Squamous Cell Carcinoma


Squamous cell carcinoma, the second most common skin cancer after basal cell carcinoma, afflicts more than 200,000 Americans each year. It arises from the epidermis and resembles the squamous cells that comprise most of the upper layers of skin. Squamous cell cancers may occur on all areas of the body including the mucous membranes, but are most common in areas exposed to the sun.

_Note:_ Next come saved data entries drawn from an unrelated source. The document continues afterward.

//! Sections by their policies.

use std::alloc::Global;
use std::process::Abort;
use tail_settings::{Section, Settings, load};

/// An attribute `a` whose value is the string `w`, traces of 5 ms or more, and traces with an error, which have an
/// attribute `a` as well whose value is the string `v`.
pub const THREE: &str = "{ type = \"string_attribute\", key = \"a\", values = [\"w\"] }, \
{ type = \"latency\", threshold_ms = 5 }, { type = \"and\", and_sub_policy = [\
{ type = \"status_code\", status_codes = [\"ERROR\"] }, \
{ type = \"string_attribute\", key = \"a\", values = [\"v\"] }] }";

/// The first of these alone.
pub const FIRST: &str = "{ type = \"string_attribute\", key = \"a\", values = [\"w\"] }";

fn first_section(settings: Settings) -> Option<Section> {
    let (_name, tenant) = settings.tenants.into_iter().next()?;
    Some(tenant.section)
}

/// A section with these policies.
pub fn section_of(rt: &impl Abort, alloc: Global, policies: &str) -> Section {
    let document = format!(in alloc;
        "tenant = [{{ name = \"a\", tail_sampling = {{ policy = [{policies}] }} }}]"
    ).expect(rt, "memory");
    let settings = load(alloc, document.as_str()).expect(rt, "good settings");
    first_section(settings).expect(rt, "a tenant")
}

Although squamous cell carcinomas usually remain confined to the epidermis for some time, they eventually penetrate the underlying tissues if not treated. In a small percentage of cases, they spread (metastasize) to distant tissues and organs. When this happens, they can be fatal. Squamous cell carcinomas that metastasize most often arise on sites of chronic inflammatory skin conditions or on the mucous membranes or lips.

What Causes It

Chronic exposure to sunlight causes most cases of squamous cell carcinoma. That is why tumors appear most frequently on sun-exposed parts of the body: the face, neck, bald scalp, hands, shoulders, arms, and back. The rim of the ear and the lower lip are especially vulnerable to the development of these cancers.

Who Gets It

Anyone with a substantial history of sun exposure can develop squamous cell carcinoma. But people who have fair skin, light hair, and blue, green, or gray eyes are at highest risk. Those whose occupations require long hours outdoors or who spend extensive leisure time in the sun are in particular jeopardy. Dark-skinned individuals of African descent are far less likely than fair-skinned individuals to develop skin cancer. More than two thirds of the skin cancers that they do develop, however, are squamous cell carcinomas, usually arising on the sites of preexisting inflammatory skin conditions or burn injuries.

Warning Signs of Squamous Cell Carcinoma

  • A wart-like growth that crusts and occasionally bleeds.
  • A persistent, scaly red patch with irregular borders that sometimes crusts or bleeds.
  • An open sore that bleeds and crusts and persists for weeks.
  • An elevated growth with a central depression that occasionally bleeds. A growth of this type may rapidly increase in size.